Stored items
--
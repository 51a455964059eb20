//! Floors of all sizes: each is opened, hires its workers and is settled.
ghost use Rattle.std.specs.Prelude.{◌≡◌};

use super::floors::{hire, numbers, open, run, settle};
use amo_params::Givens;
use amo_words::{Book, Floor, Settlement, WorkerEnd};
use std::alloc::Global;
use std::process::Abort;
use std::test::Fail;

/// Numbers of jobs that are tried with each number of workers, as all up to 70 are.
const JOBS: [u32; 4] = [1000, 1001, 4095, 4096];

/// The free jobs rise, each comes with its own payload, and with those that were claimed they are
/// all jobs.
fn expect_all_told(rt: &impl Abort, end: &Settlement<u32>, givens: Givens) {
    let mut told = end.free.len();
    for list in &end.claims {
        told = told.saturating_add(list.len());
    }
    assert_eq!(rt; told, givens.jobs() as usize);
    let mut last = 0;
    for (job, payload) in &end.free {
        assert!(rt; last < *job && job == payload);
        last = *job;
    }
    assert_eq!(rt; end.ends.len(), givens.workers() as usize);
}

/// Nobody was hired, and all jobs are free.
fn expect_untouched(rt: &impl Abort, end: &Settlement<u32>, givens: Givens) {
    expect_all_told(rt, end, givens);
    assert_eq!(rt; end.free.len(), givens.jobs() as usize);
    for one in &end.ends {
        assert!(rt; *one == WorkerEnd::NeverHired);
    }
}

/// A floor is settled after nobody was hired, and so is one that was closed.
fn settle_at_once(rt: &impl Abort, alloc: Global, givens: Givens) -> Result<(), Fail> {
    let (floor, book) = open(rt, alloc, givens, numbers(alloc, givens.jobs())?);
    expect_untouched(rt, &settle(rt, alloc, floor, book), givens);
    let (floor, book) = open(rt, alloc, givens, numbers(alloc, givens.jobs())?);
    let Ok(end) = floor.close(book).settle(alloc) else {
        panic!(rt; "the closed floor was not settled")
    };
    expect_untouched(rt, &end, givens);
    Ok(())
}

/// Hires worker p and lets it take 40 accesses. Each second one is collected, the others are
/// dropped.
fn employ(rt: &impl Abort, alloc: Global, floor: &Floor<u32>, book: &mut Book<u32>, p: u32)
    requires { book.old.table_id ≡ floor.now.table_id }
    ensures { book.new.table_id ≡ book.old.table_id }
{
    let mut worker = hire(rt, alloc, floor, book, p);
    run(floor, &mut worker, 40);
    if p % 2 == 1 {
        book.collect(floor, worker);
    }
}

/// The floor hires one worker after the other, also after one is back, and is settled.
fn settle_after_work(rt: &impl Abort, alloc: Global, givens: Givens) -> Result<(), Fail> {
    let (floor, mut book) = open(rt, alloc, givens, numbers(alloc, givens.jobs())?);
    for before in 0..givens.workers() {
        employ(rt, alloc, &floor, &mut book, before + 1);
    }
    let end = settle(rt, alloc, floor, book);
    expect_all_told(rt, &end, givens);
    for (k, one) in end.ends.iter().enumerate() {
        assert_eq!(rt; *one == WorkerEnd::Lost, k % 2 == 1);
    }
    Ok(())
}

/// Floors with so many jobs and workers, and thresholds at both limits and between.
fn settle_each_threshold(
    rt: &impl Abort,
    alloc: Global,
    jobs: u32,
    workers: u32,
) -> Result<(), Fail> {
    for beta in [workers as u64, workers as u64 + jobs as u64 / 2, 65535] {
        let givens = Givens::try_new(jobs as u64, workers as u64, beta)?;
        settle_at_once(rt, alloc, givens)?;
        settle_after_work(rt, alloc, givens)?;
    }
    Ok(())
}

/// Floors with so many jobs, and each number of workers.
fn settle_each_crew(rt: &impl Abort, alloc: Global, jobs: u32) -> Result<(), Fail> {
    for workers in 1..17 {
        settle_each_threshold(rt, alloc, jobs, workers)?;
    }
    Ok(())
}

#[test]
fn a_floor_of_each_size_is_settled(rt: HostRuntime) -> Result<(), Fail> {
    for jobs in 0..71 {
        settle_each_crew(&rt, rt.alloc(), jobs)?;
    }
    for jobs in JOBS {
        settle_each_crew(&rt, rt.alloc(), jobs)?;
    }
    Ok(())
}

#[test]
fn a_floor_of_each_number_of_jobs_is_settled(rt: HostRuntime) -> Result<(), Fail> {
    for jobs in 0..4097u64 {
        let workers = jobs % 16 + 1;
        let givens = Givens::try_new(jobs, workers, workers)?;
        settle_at_once(&rt, rt.alloc(), givens)?;
        settle_after_work(&rt, rt.alloc(), givens)?;
    }
    Ok(())
}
--
### [Task statement]
Could you find each line in the entries that contains the string "free" and copy it?

### [Answer for this exercise]
/// The free jobs rise, each comes with its own payload, and with those that were claimed they are
    let mut told = end.free.len();
    for (job, payload) in &end.free {
/// Nobody was hired, and all jobs are free.
    assert_eq!(rt; end.free.len(), givens.jobs() as usize);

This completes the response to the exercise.